I am trying to do some vector calculus in Mathematica in index notation form because it gives a clear result that can be compared to pen and paper calculations. Since there is no built in Einstein summation convention this makes life rather difficult. I think I'm doing things the right way but if there is a better way please let me know!
I wish to evaluate vector derivatives of the tensor denoted $G$. Using the first of the linked questions below I make the definitions
R /: D[R, R[a_], NonConstants -> {R}] := R[a]/R
R /: D[R[a_], R[b_], NonConstants -> {R}] := KroneckerDelta[a, b]
G = KroneckerDelta[a, b]/R + TensorProduct[R[a], R[b]]/R^3
And evaluate
D[G, R[c], NonConstants -> {R}] // FullSimplify
So far so good, but suppose I wish to evaluate the Laplacian.
D[G, R[c], R[d], NonConstants -> {R}] //. d -> c // TensorExpand
Now we get terms like R[c]^2
that should automatically evaluate to R^2
. This is not a problem, just add the lines
R /: R[a_] R[a_] := R^2
R /: R[a_] KroneckerDelta[a_, b_] := R[b]
And this works. However there are also terms like $\delta_{a,c}\delta_{b,c}$ that I want to automatically contract to $\delta_{a,b}$. These is no way to set a tag for KroneckerDelta
since it is protected. Similarly if I want to take curls using the Levi Civita tensor this is going to get very ugly.
Tl;dr I have defined symbolic derivatives of tensors according to the first linked question since this allows me to get a result that I can visually compare to analytics. However I would also like to be able to automatically sum over all repeated indices. Is there a good way to do this? Thanks in advance!
symbolic summation involving kronecker delta
Implementing Einstein's summation convention for a particular case
EDIT: adding Levi-Civita functionality
I whipped up the ability to use the Levi-Civita tensor symbolically and have it work correctly (as far as I have tested). First its essential that $\delta_{a,a} = d = 3$ instead of 1 then I add total antisymmetry by modifying this question on totally antisymmetric functions.
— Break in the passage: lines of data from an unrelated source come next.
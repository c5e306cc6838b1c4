//! The rooms of `run` and `build`: a program is interpreted, or compiled.
#![tactic(auto)]

pub mod build;
pub mod interpret;
mod source_path;
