//! The index of acts.
ghost use Rattle.lx_act_index.specs.Table.{IsTable};

use crate::make::{cert_by, certs_by};
use crate::note::note_act;
use crate::table::{Table, new_table};
use crate::threads::Thread;
use lx_caps::{Act, Cap, Principal};
use lx_certificates::{Cert, Certs, Need};
use lx_words::{Memory, number_of};
use std::alloc::Global;

/// An index of acts by what they touch. It stands for a history of acts, which have the numbers of their places, the oldest
/// first, from 0.
#[derive(Drop)]
pub struct ActIndex {
    pub(crate) table: Table,
    pub(crate) threads: Vec<Thread>,
    pub(crate) count: usize,
    ghost is_table: { IsTable table },
}

impl ActIndex {
    ghost use Rattle.std.specs.Prelude.{◌≡◌, ◌≢◌, ◌∷◌, [], true, false, All, IfOk, OnOk, OnErr};
    ghost use Rattle.lx_caps.specs.History.{History};
    ghost use Rattle.lx_caps.specs.Placed.{is_placed_act};
    ghost use Rattle.lx_certificates.specs.Certificates.{is_kernel};
    ghost use Rattle.lx_certificates.specs.Laws.{IsCertFor};
    ghost use Rattle.lx_certificates.specs.Needs.{AreCertsOf, up_to_unmet};
    ghost use Rattle.lx_certificates.specs.declared.Need.{Need};
    ghost use Rattle.lx_act_index.specs.Standing.{StandsForActs};

    /// An index of no acts.
    ///
    /// # Errors
    /// Want of memory.
    pub fn new(alloc: Global) -> Result<Self, Memory>
        ensures { IfOk result (λ index. StandsForActs index []) }
    {
        let table = new_table(alloc)?;
        Ok(ActIndex {
            table,
            threads: Vec::new(alloc),
            count: 0,
        })
    }

    /// Notes one act more, whose bytes lie in memory.
    ///
    /// # Errors
    /// Want of memory, as for a number of an act of more than 32 bits. The index stands for what it did then.
    pub fn note(&mut self, act: Act) -> Result<(), Memory>
        requires { is_placed_act act ≡ true }
        ensures ok { OnOk result ((h : History) → StandsForActs self.old h → StandsForActs self.new (act ∷ h)) }
        ensures err { OnErr result ((h : History) → StandsForActs self.old h → StandsForActs self.new h) }
    {
        let number = number_of(self.count)?;
        note_act(&mut self.table, &mut self.threads, number, act)?;
        self.count += 1;
        Ok(())
    }

    /// The certificate of a module's need of a capability, which must be kept or only held, by the acts so far.
    ///
    /// # Errors
    /// Want of memory, and an atom outside of the address space.
    pub fn cert_for(
        &self,
        alloc: Global,
        who: Principal,
        cap: Cap,
        kept: bool,
    ) -> Result<Cert, Memory>
        requires { is_kernel who ≡ false }
        ensures { IfOk result (λ c. (h : History) → StandsForActs self.now h → IsCertFor h who cap kept c) }
    {
        let cert = cert_by(alloc, self, Need { who, cap, kept })?;
        Ok(cert)
    }

    /// The certificates of needs by the acts so far, up to and with that of the first need that is not met.
    ///
    /// # Errors
    /// As [`ActIndex::cert_for`].
    pub fn certs_for(&self, alloc: Global, needs: &[Need]) -> Result<Certs, Memory>
        requires { All (λ (n : Need). is_kernel n.who ≡ false) needs.now }
        ensures { IfOk result (λ cs. (h : History) → StandsForActs self.now h → AreCertsOf h (up_to_unmet h needs.now) cs) }
    {
        let certs = certs_by(alloc, self, needs)?;
        Ok(certs)
    }
}
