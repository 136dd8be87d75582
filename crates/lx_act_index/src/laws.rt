// What lines say, in rows. A caller learns them at no cost.
ghost use Rattle.lx_act_index.specs.Rows.{WorkedLines};

/// Worked rows of lines and loans.
pub fn worked_lines()
    ensures { WorkedLines }
{}
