//! Hostile cases and schedules, with the value or the first fault that each has.

use lx_script::{Case, CaseArg, CaseCall, CaseFault, Origin, read_case, read_schedule};
use lx_words::Schedule;
use std::alloc::Global;
use std::test::Fail;

/// The bytes that a file may have.
const MOST_BYTES: usize = 1 << 20;

fn case_in(alloc: Global, text: &[u8]) -> Result<Case, CaseFault> {
    if text.len() > MOST_BYTES {
        return Err(CaseFault::Memory);
    }
    read_case(alloc, text)
}

fn schedule_in(alloc: Global, text: &[u8]) -> Result<Schedule, CaseFault> {
    if text.len() > MOST_BYTES {
        return Err(CaseFault::Memory);
    }
    read_schedule(alloc, text)
}

/// A text, and its first fault: the number of its kind, its line, and its words.
struct Row(&'static [u8], u8, u32, &'static [u8]);

fn is_fault(fault: &CaseFault, kind: u8, line: u32, what: &[u8]) -> bool {
    let (found, at, words) = match fault {
        CaseFault::Memory => return false,
        CaseFault::Lexical { line, what } => (1, *line, what),
        CaseFault::Statement { line, what } => (2, *line, what),
        CaseFault::Unknown { line, what } => (3, *line, what),
        CaseFault::Twice { line, what } => (4, *line, what),
        CaseFault::Range { line, what } => (5, *line, what),
        CaseFault::Limit { line, what } => (6, *line, what),
    };
    found == kind && at == line && words.is_same(what)
}

static SCHEDULES: [Row; 17] = [
    Row(b"schedule 0*1\n1*", 2, 2, b"1*"),
    Row(b"schedule\nschedule", 2, 2, b"schedule"),
    Row(b"0*1 schedule", 2, 1, b"schedule"),
    Row(b"*1", 2, 1, b"*1"),
    Row(b"0*-1", 2, 1, b"0*-1"),
    Row(b"0*1*1", 2, 1, b"0*1*1"),
    Row(b"0 * 1", 2, 1, b"0"),
    Row(b"# 0*1", 2, 1, b"#"),
    Row(b"\n0*1\n\n 7*00", 5, 4, b"00"),
    Row(b"4294967296*0", 5, 1, b"4294967296"),
    Row(b"4294967295*4294967296", 5, 1, b"4294967296"),
    Row(b"0*99999999999999999999", 5, 1, b"99999999999999999999"),
    Row(b"0*1052672\n1*1", 6, 2, b"entries"),
    Row(b"0*1052673", 6, 1, b"entries"),
    Row(b"0*1\t1*1", 1, 1, b"0x9"),
    Row(b"0*1\n1*1\r", 1, 2, b"0xd"),
    Row(b"0*0\x00", 5, 1, b"0"),
];

fn schedule_row_fails(alloc: Global, row: &Row) -> bool {
    match schedule_in(alloc, row.0) {
        Ok(_) => false,
        Err(fault) => is_fault(&fault, row.1, row.2, row.3),
    }
}

#[test]
fn the_first_fault_of_a_schedule(rt: HostRuntime) {
    let alloc = rt.alloc();
    assert_eq!(rt;
        SCHEDULES
            .iter()
            .position(|row| !schedule_row_fails(alloc, row)),
        None
    );
}

/// A schedule, how many entries it has, and the first of them.
struct Entries(&'static [u8], usize, &'static [u32]);

static ENTRIES: [Entries; 3] = [
    Entries(
        b"schedule 0*2\n\n4294967295*1 00*01",
        4,
        &[0, 0, u32::MAX, 0],
    ),
    Entries(b"", 0, &[]),
    Entries(b"7*1052672", 1_052_672, &[7]),
];

fn lists_so(alloc: Global, row: &Entries) -> bool {
    match schedule_in(alloc, row.0) {
        Ok(entries) => entries.len() == row.1 && entries.as_slice().starts_with(row.2),
        Err(_) => false,
    }
}

#[test]
fn a_schedule_lists_its_entries(rt: HostRuntime) {
    let alloc = rt.alloc();
    assert_eq!(rt; ENTRIES.iter().position(|row| !lists_so(alloc, row)), None);
}
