//! Lines: what acts said of a place, the newest first.
ghost use Rattle.std.specs.Prelude.{◌≡◌, ◌++◌, ◌<◌, ◌≤◌, ℕ, IfOk, OnOk};
ghost use Rattle.lx_caps.specs.History.{reaches};
ghost use Rattle.lx_caps.specs.Loans.{none_end};
ghost use Rattle.lx_certificates.specs.Givers.{by_grant, by_lend};
ghost use Rattle.lx_act_index.specs.Lines.{is_strip, left_mask, left_over, line_giver, line_strip, line_with, replaces, same_loan, says};
ghost use Rattle.lx_act_index.specs.Threads.{is_open};

use crate::runs::{said_at, said_until};
use crate::threads::{Loan, Thread, stands};
use lx_cap_lists::is_set;
use lx_caps::{Principal, is_same, reaches};
use lx_certificates::Gifts;
use lx_words::{Items, Memory};
use std::alloc::Global;

/// What an act says of an atom.
#[derive(Clone, Copy)]
pub enum Said {
    Grant(Principal),
    Lend(Loan, Principal),
    Strip,
}

/// What the act with a number says of a place, by a bit for each byte of a part. A call or a reference has the lowest bit.
#[derive(Clone, Copy)]
pub struct Entry {
    pub said: Said,
    pub act: u32,
    pub mask: u64,
}

/// The entries of a place, the newest first.
pub type Line = Items<Entry>;

/// Which acts are looked for, and by whom.
#[derive(Clone, Copy)]
pub struct Asked {
    pub gifts: Gifts,
    pub who: Principal,
}

fn by_grant(gifts: Gifts) -> bool
    ensures { result ≡ by_grant gifts }
{
    matches!(gifts, Gifts::Grants | Gifts::Both)
}

fn by_lend(gifts: Gifts) -> bool
    ensures { result ≡ by_lend gifts }
{
    matches!(gifts, Gifts::Lends | Gifts::Both)
}

fn is_strip(said: Said) -> bool
    ensures { result ≡ is_strip said }
{
    matches!(said, Said::Strip)
}

fn same_loan(one: Loan, other: Loan) -> bool
    ensures { result ≡ same_loan one other }
{
    one.thread == other.thread && one.older == other.older && one.opened == other.opened
}

/// Says whether what is said anew says all that an older entry does.
fn replaces(new: Said, old: Said) -> bool
    ensures { result ≡ replaces new old }
{
    match (new, old) {
        (Said::Strip, _) => true,
        (Said::Grant(to), Said::Grant(holder)) => is_same(to, holder),
        (Said::Lend(loan, to), Said::Lend(older, holder)) => {
            same_loan(loan, older) && is_same(to, holder)
        }
        _ => false,
    }
}

/// Says whether something is lent on a loan that has ended.
fn is_spent(threads: &[Thread], said: Said) -> bool
    ensures { result ≡ Rattle.lx_act_index.specs.Lines.is_spent (is_open none_end threads.now) said }
{
    match said {
        Said::Lend(loan, _) => !stands(threads, loan),
        _ => false,
    }
}

/// The bits that a newer entry leaves an older one.
fn left_mask(threads: &[Thread], new: Entry, old: Entry) -> u64
    ensures { result ≡ left_mask (is_open none_end threads.now) new old }
{
    if is_spent(threads, old.said) {
        0
    } else if replaces(new.said, old.said) {
        old.mask & !new.mask
    } else {
        old.mask
    }
}

fn push_left(line: &mut Line, threads: &[Thread], new: Entry, old: Entry) -> Result<(), Memory>
    ensures { OnOk result (line.new ≡ line.old ++ left_over (is_open none_end threads.now) new old) }
{
    let mask = left_mask(threads, new, old);
    if mask != 0 {
        line.push(Entry {
            said: old.said,
            act: old.act,
            mask,
        })?;
    }
    Ok(())
}

/// The line with an entry more, which takes from the others what it says anew.
pub fn line_with(
    alloc: Global,
    line: &[Entry],
    threads: &[Thread],
    new: Entry,
) -> Result<Line, Memory>
    ensures { IfOk result (λ now. now ≡ line_with (is_open none_end threads.now) new line.now) }
{
    let mut now = Items::new(alloc);
    now.push(new)?;
    for old in line {
        push_left(&mut now, threads, new, *old)?;
    }
    Ok(now)
}

fn says(threads: &[Thread], asked: Asked, said: Said) -> Option<bool>
    ensures { result ≡ says asked.gifts (reaches asked.who) (is_open none_end threads.now) said }
{
    match said {
        Said::Grant(to) => if by_grant(asked.gifts) && reaches(asked.who, to) {
            Some(true)
        } else {
            None
        },
        Said::Lend(loan, to) => if by_lend(asked.gifts)
            && reaches(asked.who, to)
            && stands(threads, loan)
        {
            Some(true)
        } else {
            None
        },
        Said::Strip => Some(false),
    }
}

/// Who gave the atoms of bits that are alike, and where they end.
#[derive(Clone, Copy)]
pub struct Run {
    pub giver: Option<u32>,
    pub end: u64,
}

/// The newest act that gave the atom of a bit, and still stands, and how far that is so.
pub fn line_run(line: &[Entry], threads: &[Thread], asked: Asked, bit: u64) -> Run
    requires { bit < 64 }
    ensures more { bit < result.end }
    ensures bound { result.end ≤ 64 }
    ensures alike { (k : ℕ) → bit ≤ k → k < result.end → line_giver asked.gifts (reaches asked.who) (is_open none_end threads.now) k line.now ≡ result.giver }
{
    let mut end = 64;
    for entry in line {
        let said = says(threads, asked, entry.said);
        end = said_until(said, entry.mask, bit, end);
        match said_at(said, entry.mask, bit) {
            Some(true) => return Run {
                giver: Some(entry.act),
                end,
            },
            Some(false) => return Run { giver: None, end },
            None => {}
        }
    }
    Run { giver: None, end }
}

fn strips(entry: Entry, bit: u64) -> bool
    requires { bit < 64 }
    ensures { result ≡ Rattle.lx_act_index.specs.Lines.strips bit entry }
{
    is_set(entry.mask, bit) && is_strip(entry.said)
}

/// The newest strip that has the atom of a bit.
pub fn line_strip(line: &[Entry], bit: u64) -> Option<u32>
    requires { bit < 64 }
    ensures { result ≡ line_strip bit line.now }
{
    for entry in line {
        if strips(*entry, bit) {
            return Some(entry.act);
        }
    }
    None
}
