//! The loans of threads that have not ended.
ghost use Rattle.std.specs.Prelude.{◌≡◌, ◌+◌, ◌-◌, ◌<◌, ◌≤◌, ℕ, ◌&&◌, nat_lt, nat_eq, not, length, take, OnOk, OnErr, slice_index_or};
ghost use Rattle.lx_caps.specs.Loans.{none_end};
ghost use Rattle.lx_act_index.specs.Threads.{HasTurned, idle, is_open, newest_of, opened, shut, thread_at};

use lx_words::{Items, Memory};
use std::alloc::Global;

/// A loan: its thread, how many older ones of the thread had not ended, and the number of the act that opened it.
#[derive(Clone, Copy)]
pub struct Loan {
    pub thread: u32,
    pub older: u64,
    pub opened: u32,
}

/// The loans of a thread that have not ended, the oldest first, by the acts that opened them. It lends where the newest that it
/// ever opened is one of them.
#[derive(Drop)]
pub struct Thread {
    pub loans: Items<u32>,
    pub lends: bool,
}

fn is_loan(loans: &[u32], loan: Loan) -> bool
    ensures { result ≡ (nat_lt loan.older (length loans.now) && nat_eq (slice_index_or loans.now loan.older 0) loan.opened) }
{
    if loan.older < loans.len() as u64 {
        loans[loan.older as usize] == loan.opened
    } else {
        false
    }
}

/// Says whether a loan has not ended.
pub fn stands(threads: &[Thread], loan: Loan) -> bool
    ensures { result ≡ is_open none_end threads.now loan }
{
    if (loan.thread as usize) < threads.len() {
        is_loan(threads[loan.thread as usize].loans.as_slice(), loan)
    } else {
        false
    }
}

fn newest_of(thread: u32, now: &Thread) -> Option<Loan>
    ensures { result ≡ newest_of thread now.now }
{
    let loans = now.loans.as_slice();
    if now.lends && !loans.is_empty() {
        let older = loans.len() - 1;
        Some(Loan {
            thread,
            older: older as u64,
            opened: loans[older],
        })
    } else {
        None
    }
}

/// The loan that a thread lends on.
pub fn newest_loan(threads: &[Thread], thread: u32) -> Option<Loan>
    ensures { result ≡ newest_of thread (thread_at threads.now thread) }
{
    if (thread as usize) < threads.len() {
        newest_of(thread, &threads[thread as usize])
    } else {
        None
    }
}

/// Adds threads without loans, up to this one.
fn make_room(alloc: Global, threads: &mut Vec<Thread>, thread: u32) -> Result<(), Memory>
    ensures same { (t : ℕ) → thread_at threads.new.items t ≡ thread_at threads.old.items t }
    ensures room { OnOk result (thread < length threads.new.items) }
{
    while threads.len() <= thread as usize {
        threads.push(Thread {
            loans: Items::new(alloc),
            lends: false,
        })?;
    }
    Ok(())
}

fn push_loan(thread: &mut Thread, number: u32) -> Result<(), Memory>
    ensures ok { OnOk result (thread.new ≡ opened number thread.old) }
    ensures err { OnErr result (thread.new ≡ thread.old) }
{
    thread.loans.push(number)?;
    thread.lends = true;
    Ok(())
}

/// Opens a loan of a thread.
pub fn open_loan(
    alloc: Global,
    threads: &mut Vec<Thread>,
    thread: u32,
    number: u32,
) -> Result<(), Memory>
    ensures ok { OnOk result (HasTurned thread (opened number) threads.old.items threads.new.items) }
    ensures err { OnErr result ((t : ℕ) → thread_at threads.new.items t ≡ thread_at threads.old.items t) }
{
    make_room(alloc, threads, thread)?;
    push_loan(&mut threads[thread as usize], number)?;
    Ok(())
}

fn keep_first(loans: &mut Vec<u32>, count: usize)
    ensures { loans.new.items ≡ take count loans.old.items }
{
    loans.truncate(count);
}

fn shut_newest(thread: &mut Thread, n: u32)
    ensures { thread.new ≡ shut n thread.old }
{
    let left = thread.loans.len().saturating_sub(n as usize);
    keep_first(&mut thread.loans.items, left);
    thread.lends = thread.lends && n == 0;
}

/// Ends so many of the newest loans of a thread.
pub fn shut_loans(threads: &mut Vec<Thread>, thread: u32, n: u32)
    ensures { HasTurned thread (shut n) threads.old.items threads.new.items }
{
    if (thread as usize) < threads.len() {
        shut_newest(&mut threads[thread as usize], n);
    }
}

fn shut_every(thread: &mut Thread)
    ensures { thread.new ≡ idle }
{
    keep_first(&mut thread.loans.items, 0);
    thread.lends = false;
}

/// Ends all loans of a thread.
pub fn shut_all_loans(threads: &mut Vec<Thread>, thread: u32)
    ensures { HasTurned thread (λ t. idle) threads.old.items threads.new.items }
{
    if (thread as usize) < threads.len() {
        shut_every(&mut threads[thread as usize]);
    }
}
Unprotect[KroneckerDelta]; KroneckerDelta /:
KroneckerDelta[a_, a_] := 3;
leviC /: MakeBoxes[leviC[a_, b_, c_], fmt_] :=
MakeBoxes[Subscript[\[CurlyEpsilon], a, b, c], fmt]
leviC[a__] := Signature[{a}] (leviC @@ Sort@{a}) /; ! OrderedQ[{a}];
leviC[a__] := 0 /; ! DuplicateFreeQ[{a}];
Finally the Levi-Civita replacement rules are defined by
leviCrules := {leviC[indi_, indj_, indk_] leviC[indl_, indm_,
indn_] :>
KroneckerDelta[indi,
indl] (KroneckerDelta[indj, indm] KroneckerDelta[indk, indn] -
KroneckerDelta[indj, indn] KroneckerDelta[indk, indm]) -
KroneckerDelta[indi,
indm] (KroneckerDelta[indj, indl] KroneckerDelta[indk, indn] -
KroneckerDelta[indj, indn] KroneckerDelta[indk, indl]) +
KroneckerDelta[indi,
indn] (KroneckerDelta[indj, indl] KroneckerDelta[indk, indm] -
KroneckerDelta[indj, indm] KroneckerDelta[indk, indl]),
leviC[indi_indj _, indk_]^2 -> 6,
leviC[a___, b_, c_, d___] A_[Q___, b_, q___] A_[P___, c_, p___] :> 0}
Where the replacement rules here were taken from the code for VEST.
As far as I can tell this gives all the correct behaviour required for symbolic vector calculus! :)
Edit 2: dubious dummy index replacement
I add the rule
A_[Q___, c__, q___] B_[P___, c__, p___] :>
A[Q, dummy, q] B[P, dummy, p]
so that Mathematica can recognize repeated indices.However this is dangerous for the obvious reason that $v_a v_a w_b w_b = v_a w_a v_b w_b$ in this scheme but I have been unable to do rule replacement such that each time the pattern is matched the dummy index is replaced by dummyi+1.